Here the matrix $U$ is considered not as a bunch of column vectors, but as a (matrix of the) linear map $F\colon {\Bbb R}^n\to {\Bbb R}^n$ $$ y=F(x)=Ux. $$ What happens if we rotate both $y$ and $x$ by $R$? We get (since $R^TR=I$ for rotations) $$ y=Ux\quad\Rightarrow\quad Ry=RUx\quad\Rightarrow\quad Ry=\underbrace{RUR^T}_{U'}Rx\quad\Rightarrow\quad y'=U'x'. $$ Thus the matrix $U'=RUR^T$ corresponds to the same linear map $F$ in the new coordinates after rotation ($x'\mapsto y'$).

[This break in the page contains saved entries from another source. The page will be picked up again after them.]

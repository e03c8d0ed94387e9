// What is kept of the rows above while a table is counted: made once for each row, and lent to the
// search of every row below it.
ghost use Rattle.std.specs.Prelude.{◌+◌, ◌<◌, length, take};
ghost use Rattle.rows.specs.Times.{most_rows};
ghost use Rattle.findings.specs.Countable.{CanBeCounted};
ghost use Rattle.findings.specs.Prepared.{KeepsNothing, Prepares};

use crate::lines::Line;
use bounds::{Bound, OnFrame};
use rows::{Frame, HORIZON, MOST_ROWS, Row};

// Corners up to here are flagged for all rows of a table.
pub(crate) const NEAR: usize = 512;

// The rows on their frame in rank order, a line below their steps, flags for their corners up to the
// near instant, and the next corner of each past that, or one past the horizon.
#[derive(Drop)]
pub(crate) struct Prepared {
    pub(crate) rows: [OnFrame; MOST_ROWS],
    pub(crate) line: Line,
    pub(crate) flags: [bool; NEAR],
    pub(crate) nexts: [u32; MOST_ROWS],
}

impl Prepared {
    // What is kept of no row.
    pub(crate) fn new() -> Prepared
        ensures { KeepsNothing result }
    {
        Prepared {
            rows: [OnFrame::default(); MOST_ROWS],
            line: Line::new(),
            flags: [false; NEAR],
            nexts: [0; MOST_ROWS],
        }
    }

    // Keeps the row at a place too, where the rows before it are kept.
    pub(crate) fn add<B: Bound>(&mut self, bound: &B, frame: &Frame, rows: &[Row], place: usize)
        requires countable { CanBeCounted most_rows frame.now.ticks rows.now }
        requires there { place < length rows.now }
        requires kept { Prepares (B.meaning bound.now) frame.now.ticks (take place rows.now) self.old }
        ensures { Prepares (B.meaning bound.now) frame.now.ticks (take (place + 1) rows.now) self.new }
    {
        let ticks = frame.ticks();
        let row = &rows[place];
        self.rows[place] = OnFrame::new(ticks, row).unwrap();
        self.line = self.line.with_row(ticks, row);
        let next = bound.mark(row, 0, &mut self.flags);
        self.nexts[place] = next.unwrap_or(HORIZON + 1);
    }

    // Keeps rows, where none is kept yet.
    pub(crate) fn keep<B: Bound>(&mut self, bound: &B, frame: &Frame, rows: &[Row])
        requires countable { CanBeCounted most_rows frame.now.ticks rows.now }
        requires none { KeepsNothing self.old }
        ensures { Prepares (B.meaning bound.now) frame.now.ticks rows.now self.new }
    {
        for place in 0..rows.len() {
            self.add(bound, frame, rows, place);
        }
    }
}
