// A load on the processor, as the search holds it.
ghost use Rattle.std.specs.Prelude.{◌≤◌};
ghost use Rattle.rows.specs.Times.{horizon};
ghost use Rattle.findings.specs.Asking.{most_above};
ghost use Rattle.findings.specs.Countable.{CanBeCounted};
ghost use Rattle.findings.specs.Prepared.{Prepares};

use crate::preparing::Prepared;
use bounds::Bound;
use rows::Row;

// Some own work below rows that stand on a frame and are few enough, counted by a bound, with what is
// kept of the rows.
#[derive(Drop)]
pub(crate) struct Load<'a, B: Bound> {
    pub(crate) bound: &'a B,
    pub(crate) frame: u32,
    pub(crate) own: u32,
    pub(crate) above: &'a [Row],
    pub(crate) prepared: &'a Prepared,
    ghost countable: { CanBeCounted most_above frame above.now },
    ghost small: { own ≤ horizon },
    ghost kept: { Prepares (B.meaning bound.now) frame above.now prepared.now },
}
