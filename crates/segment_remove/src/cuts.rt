ghost use Rattle.std.specs.Prelude.{◌≡◌, ◌≢◌, ◌≤◌, ◌+◌, length, Err, IsOk, OnOk, OnErr};
ghost use Rattle.edit_steps.specs.Refusals.{IsAnswerFor};
ghost use Rattle.dcel_records.specs.RecordsView.{tables_of};
ghost use Rattle.dcel_records.specs.SoundMaps.{IsMapAtRest};
ghost use Rattle.curve_history.specs.Past.{SameLayer, SameCurves, SameStrands};
ghost use Rattle.told_steps.specs.RecordLayers.{IsLayer};
ghost use Rattle.segment_remove.specs.Refused.{cut_between, cut_refusal_at, cut_said, HasRoomToCut};
ghost use Rattle.observer_bus.specs.Rows.{bus_row};
ghost use Rattle.told_steps.specs.ToldEdits.{AreWatched, IsToldEdit};
ghost use Rattle.told_steps.specs.LayerEdits.{IsAfter};

use crate::room::make_room_of_cycles;
use curve_history::History;
use dcel_records::Records;
use exact_plane::Point;
use locate_naive::edge_dart;
use no_memory::NoMemory;
use observer_bus::Bus;
use slab_laws::Darts;
use std::alloc::Global;
use thiserror::Error;
use told_steps::remove_redundant;

/// Why an edge isn't removed.
#[derive(Clone, Copy, Debug, PartialEq, Eq, Error)]
pub enum CutError {
    /// No edge joins the points.
    #[error("no edge has these two ends")]
    NoEdge,
    /// The pieces that are left would pass this limit.
    #[error("the limit of {0} would be passed")]
    Full(u32),
    /// There was no memory for the pieces that are left, or for a cycle more.
    #[error("no memory")]
    NoMemory,
}

impl From<NoMemory> for CutError {
    ghost use Rattle.segment_remove.specs.declared.cuts.CutError.TheVariants.{NoMemory as OutOfMemory};

    ghost from_gives = { λ _ e. e ≡ OutOfMemory };

    fn from(_error: NoMemory) -> CutError {
        CutError::NoMemory
    }
}

// Makes room for as many pieces, and for a cycle that the edge may leave behind; where it is there, no memory is taken.
fn make_room(records: &mut Records, history: &mut History, pieces: u32) -> Result<(), NoMemory>
    ensures room { OnOk result (pieces ≤ length history.new.pieces + history.new.spare_pieces) }
    ensures cycles { OnOk result (1 ≤ records.new.faces.spare_cycles) }
    ensures succeeds { pieces ≤ length history.old.pieces + history.old.spare_pieces → 1 ≤ records.old.faces.spare_cycles → IsOk result }
    ensures graph { records.new.graph ≡ records.old.graph }
    ensures tables { tables_of records.new ≡ tables_of records.old }
    ensures map { IsMapAtRest records.old → IsMapAtRest records.new }
    ensures layer { SameLayer history.old history.new }
    ensures strands { SameStrands history.old history.new }
    ensures curves { SameCurves history.old history.new }
{
    make_room_of_cycles(records, 1)?;
    let more = pieces.saturating_sub(history.pieces());
    history.reserve(0, more, 0)
}

/// The edge between two points, which come in either order, goes from all its curves; these keep the rest as shorter pieces
/// (this project; CGAL manual, `remove_edge`).
///
/// `pieces` is the limit of pieces. All memory of its own is taken before the first change, and each step is told to observers
/// before and after it (CGAL manual, `Arr_observer`).
///
/// # Errors
///
/// No edge joins the points; the pieces that are left would pass their limit; or there was no memory for them, or for the cycle
/// that the edge may leave behind. The first two come whatever memory there is.
pub fn remove_edge(
    alloc: Global,
    records: &mut Records,
    history: &mut History,
    bus: &mut Bus,
    pieces: u32,
    p: &Point,
    q: &Point,
) -> Result<(), CutError>
    requires layer { IsLayer records.old.graph history.old }
    requires map { IsMapAtRest records.old }
    requires watched { AreWatched records.old history.old (bus_row Observer-dyn bus.old) }
    ensures layer { IsLayer records.new.graph history.new }
    ensures map { IsMapAtRest records.new }
    ensures watched { AreWatched records.new history.new (bus_row Observer-dyn bus.new) }
    ensures edit { OnOk result (IsAfter (cut_between p.now q.now) records.old history.old records.new history.new) }
    ensures told { OnOk result (IsToldEdit (cut_between p.now q.now) records.old history.old (bus_row Observer-dyn bus.old) records.new history.new (bus_row Observer-dyn bus.new)) }
    ensures refused { IsAnswerFor cut_said (cut_refusal_at pieces records.old history.old p.now q.now) result }
    ensures room { HasRoomToCut records.old history.old p.now q.now → result ≢ Err CutError.NoMemory }
    ensures graph { OnErr result (records.new.graph ≡ records.old.graph) }
    ensures tables { OnErr result (tables_of records.new ≡ tables_of records.old) }
    ensures same_layer { OnErr result (SameLayer history.old history.new) }
    ensures same_curves { OnErr result (SameCurves history.old history.new) }
    ensures untold { OnErr result (bus_row Observer-dyn bus.new ≡ bus_row Observer-dyn bus.old) }
{
    let Some(d) = edge_dart(&*records, p, q) else {
        return Err(CutError::NoEdge);
    };
    let source = records.source(d);
    let target = records.target(d);
    let low = records.point(source);
    let high = records.point(target);
    let plan = history.plan_cut(&low, &high);
    if plan.left > u64::from(pieces) {
        return Err(CutError::Full(pieces));
    }
    make_room(records, history, plan.left as u32)?;
    bus.begin();
    history.cut_pieces(&low, &high, plan);
    told_steps::remove_edge(alloc, records, history, bus, d);
    remove_redundant(alloc, records, history, bus, &[source, target]);
    Ok(())
}
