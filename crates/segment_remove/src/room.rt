ghost use Rattle.std.specs.Prelude.{◌≡◌, ◌≤◌, IsOk, OnOk};
ghost use Rattle.dcel_records.specs.RecordsView.{tables_of};
ghost use Rattle.dcel_records.specs.SoundMaps.{IsMapAtRest};

use dcel_records::{Records, Room};
use no_memory::NoMemory;

/// Makes room for as many cycles more: an edge that goes may break one in two. Where it is there, no memory is taken.
///
/// # Errors
///
/// There was no memory for them.
pub(crate) fn make_room_of_cycles(records: &mut Records, cycles: usize) -> Result<(), NoMemory>
    ensures room { OnOk result (cycles ≤ records.new.faces.spare_cycles) }
    ensures succeeds { cycles ≤ records.old.faces.spare_cycles → IsOk result }
    ensures graph { records.new.graph ≡ records.old.graph }
    ensures tables { tables_of records.new ≡ tables_of records.old }
    ensures map { IsMapAtRest records.old → IsMapAtRest records.new }
{
    records.reserve(Room {
        vertices: 0,
        edges: 0,
        cycles,
        faces: 0,
    })
}
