ghost use Rattle.std.specs.Prelude.{◌≡◌, map, IfOk};
ghost use Rattle.std.specs.List.{AllByRecursion, flat_map};
ghost use Rattle.slab_laws.specs.Sound.{IsGraphSound};
ghost use Rattle.slab_laws.specs.View.{HasDart, HasVertex};
ghost use Rattle.record_orders.specs.Keys.{vertex_key};
ghost use Rattle.segment_remove.specs.Ends.{two_ends, AreEnds};

use dcel_records::Records;
use no_memory::NoMemory;
use record_orders::{DartKey, VertexKey};
use slab_laws::{Darts, VertexId};
use std::alloc::Global;

fn key_of(records: &Records, name: VertexId) -> VertexKey
    requires { HasVertex records.now.graph name }
    ensures { result ≡ vertex_key records.now.graph name }
{
    let point = records.point(name);
    VertexKey { point, name }
}

// Both ends of each edge, with their points.
fn end_keys(alloc: Global, records: &Records, edges: &[DartKey]) -> Result<Vec<VertexKey>, NoMemory>
    requires sound { IsGraphSound records.now.graph }
    requires have { AllByRecursion (λ k. HasDart records.now.graph k.name) edges.now }
    ensures { IfOk result (λ ks. ks.items ≡ flat_map (two_ends records.now.graph) edges.now) }
{
    let mut keys = Vec::new(alloc);
    for edge in edges {
        keys.push(key_of(records, records.source(edge.name)))?;
        keys.push(key_of(records, records.target(edge.name)))?;
    }
    Ok(keys)
}

fn names_of(alloc: Global, keys: &[VertexKey]) -> Result<Vec<VertexId>, NoMemory>
    ensures { IfOk result (λ ws. ws.items ≡ map (λ k. k.name) keys.now) }
{
    let mut names = Vec::new(alloc);
    for key in keys {
        names.push(key.name)?;
    }
    Ok(names)
}

/// The vertices at the ends of edges, in the order of their points, each once.
///
/// # Errors
///
/// There was no memory for the list.
pub(crate) fn ends_in_order(
    alloc: Global,
    records: &Records,
    edges: &[DartKey],
) -> Result<Vec<VertexId>, NoMemory>
    requires sound { IsGraphSound records.now.graph }
    requires have { AllByRecursion (λ k. HasDart records.now.graph k.name) edges.now }
    ensures { IfOk result (λ ws. AreEnds records.now.graph edges.now ws.items) }
{
    let mut keys = end_keys(alloc, records, edges)?;
    // A vertex has one point, so the names never decide.
    keys.sort_unstable();
    keys.dedup();
    names_of(alloc, &keys)
}
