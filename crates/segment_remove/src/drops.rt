ghost use Rattle.std.specs.Prelude.{◌≡◌, ◌↔◌, map, IfOk, OnOk, OnErr};
ghost use Rattle.std.specs.List.{AllByRecursion};
ghost use Rattle.plane_graphs.specs.Ascending.{Member, IsAscending};
ghost use Rattle.plane_graphs.specs.Graph.{edge_cmp};
ghost use Rattle.slab_laws.specs.declared.names.DartId.{DartId as Dart};
ghost use Rattle.edit_steps.specs.Edits.{Drop};
ghost use Rattle.edit_steps.specs.Refusals.{drop_refusal, IsAnswerFor};
ghost use Rattle.dcel_records.specs.RecordsView.{tables_of};
ghost use Rattle.dcel_records.specs.SoundMaps.{IsMapAtRest};
ghost use Rattle.curve_history.specs.Past.{curves_on, SameLayer, SameCurves};
ghost use Rattle.record_orders.specs.Keys.{dart_key};
ghost use Rattle.told_steps.specs.RecordLayers.{IsLayer};
ghost use Rattle.record_orders.specs.Edges.{edge_of_key};
ghost use Rattle.segment_remove.specs.Refused.{drop_said};
ghost use Rattle.observer_bus.specs.Rows.{bus_row};
ghost use Rattle.told_steps.specs.ToldEdits.{AreWatched, IsToldEdit};
ghost use Rattle.told_steps.specs.LayerEdits.{layer_at, IsAfter};

use crate::ends::ends_in_order;
use crate::release::release_curve;
use crate::room::make_room_of_cycles;
use curve_history::{History, HistoryError};
use dcel_records::Records;
use no_memory::NoMemory;
use observer_bus::Bus;
use record_orders::{DartKey, edges_in_order};
use slab_laws::CurveId;
use std::alloc::Global;
use thiserror::Error;
use told_steps::remove_redundant;

/// Why a curve isn't removed.
#[derive(Clone, Copy, Debug, PartialEq, Eq, Error)]
pub enum DropError {
    /// No curve has the number.
    #[error("no curve has this number")]
    Unknown,
    /// There was no memory for the list of its edges, or for the cycles that they leave behind.
    #[error("no memory")]
    NoMemory,
}

impl From<NoMemory> for DropError {
    ghost use Rattle.segment_remove.specs.declared.drops.DropError.TheVariants.{NoMemory as OutOfMemory};

    ghost from_gives = { λ _ e. e ≡ OutOfMemory };

    fn from(_error: NoMemory) -> DropError {
        DropError::NoMemory
    }
}

// The edges of a curve, in their order.
fn edges_of_curve(
    alloc: Global,
    records: &Records,
    history: &History,
    curve: CurveId,
) -> Result<Vec<DartKey>, DropError>
    requires { IsLayer records.now.graph history.now }
    ensures keys { IfOk result (λ ks. AllByRecursion (λ k. k ≡ dart_key records.now.graph k.name) ks.items) }
    ensures all { IfOk result (λ ks. (d : Dart) → Member d (map (λ k. k.name) ks.items) ↔ Member curve.0 (curves_on history.now d)) }
    ensures ascend { IfOk result (λ ks. IsAscending edge_cmp (map edge_of_key ks.items)) }
    ensures named { OnOk result (Member curve.0 history.now.names) }
    ensures refused { IsAnswerFor drop_said (drop_refusal (layer_at records.now history.now) curve.0) result }
{
    let darts = match history.edges_of(alloc, curve) {
        Ok(darts) => darts,
        Err(HistoryError::Unknown) => return Err(DropError::Unknown),
        Err(HistoryError::NoMemory) => return Err(DropError::NoMemory),
    };
    let edges = edges_in_order(alloc, records, &darts)?;
    Ok(edges)
}

/// A curve goes, with all its sides: from its edges, which go where no other curve runs along them; then each vertex that is
/// redundant afterwards (CGAL manual, `remove_curve`).
///
/// It looks at the curve's edges and at what ends there, not at other edges. All memory of its own is taken before the first
/// change, and each step is told to observers before and after it (CGAL manual, `Arr_observer`).
///
/// # Errors
///
/// No curve has the number, whatever memory there is; or there was no memory for the list of its edges, or for the cycles that they leave behind.
pub fn remove_curve(
    alloc: Global,
    records: &mut Records,
    history: &mut History,
    bus: &mut Bus,
    curve: CurveId,
) -> Result<(), DropError>
    requires layer { IsLayer records.old.graph history.old }
    requires map { IsMapAtRest records.old }
    requires watched { AreWatched records.old history.old (bus_row Observer-dyn bus.old) }
    ensures layer { IsLayer records.new.graph history.new }
    ensures map { IsMapAtRest records.new }
    ensures watched { AreWatched records.new history.new (bus_row Observer-dyn bus.new) }
    ensures edit { OnOk result (IsAfter (Drop curve.0) records.old history.old records.new history.new) }
    ensures told { OnOk result (IsToldEdit (Drop curve.0) records.old history.old (bus_row Observer-dyn bus.old) records.new history.new (bus_row Observer-dyn bus.new)) }
    ensures refused { IsAnswerFor drop_said (drop_refusal (layer_at records.old history.old) curve.0) result }
    ensures graph { OnErr result (records.new.graph ≡ records.old.graph) }
    ensures tables { OnErr result (tables_of records.new ≡ tables_of records.old) }
    ensures same_layer { OnErr result (SameLayer history.old history.new) }
    ensures same_curves { OnErr result (SameCurves history.old history.new) }
    ensures untold { OnErr result (bus_row Observer-dyn bus.new ≡ bus_row Observer-dyn bus.old) }
{
    let edges = edges_of_curve(alloc, &*records, &*history, curve)?;
    let vertices = ends_in_order(alloc, &*records, &edges)?;
    make_room_of_cycles(records, edges.len())?;
    bus.begin();
    release_curve(alloc, records, history, bus, &edges, curve);
    history.drop_name(curve);
    remove_redundant(alloc, records, history, bus, &vertices);
    Ok(())
}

In general, for any change of the basis $x'=Sx$, $y'=Sy$ the corresponding change of the matrix $U$ is $$ Sy=\underbrace{SUS^{-1}}_{U'}Sx\quad\Rightarrow\quad y'=U'x'. $$ It means that the class of all similar matrices $\{SUS^{-1}\colon S\text{ invertible}\}$ is exactly the class of all matrices that describe the same linear map in different bases.

Using your example where $U$ is a stretch matrix in 3D, if you want to "rotate" this matrix, you essentially want this stretch action to occur in a different direction / axis. Suppose you have some shape aligned to this new axis. You want to know what the $U'$ is that stretches the shape parallel to this axis. To do this, you use $R^T$ to rotate everything back to the original orientation. Then you do the original stretch transformation $U$. Then you rotate this back using $R$. So $U'=RUR^T$.

One thing that may be instructive is to recall that every matrix can be represented as the linear combination of a series of dyadic/outer products between two vectors, $U = \sum_i a_i \otimes b_i = \sum_i a_i b_i^T$ where $a_i$ and $b_i$ are a sequence of column vectors.

When changing the basis of the matrix, we are in effect applying the vector rule for changing bases to both sequences of vectors:

$$U’ = \sum_i a_i’ \otimes b_i’ = \sum_i Ra_i (Rb_i)^T = \sum_iRa_ib_i^T R^T = RUR^T$$

Hope this helps!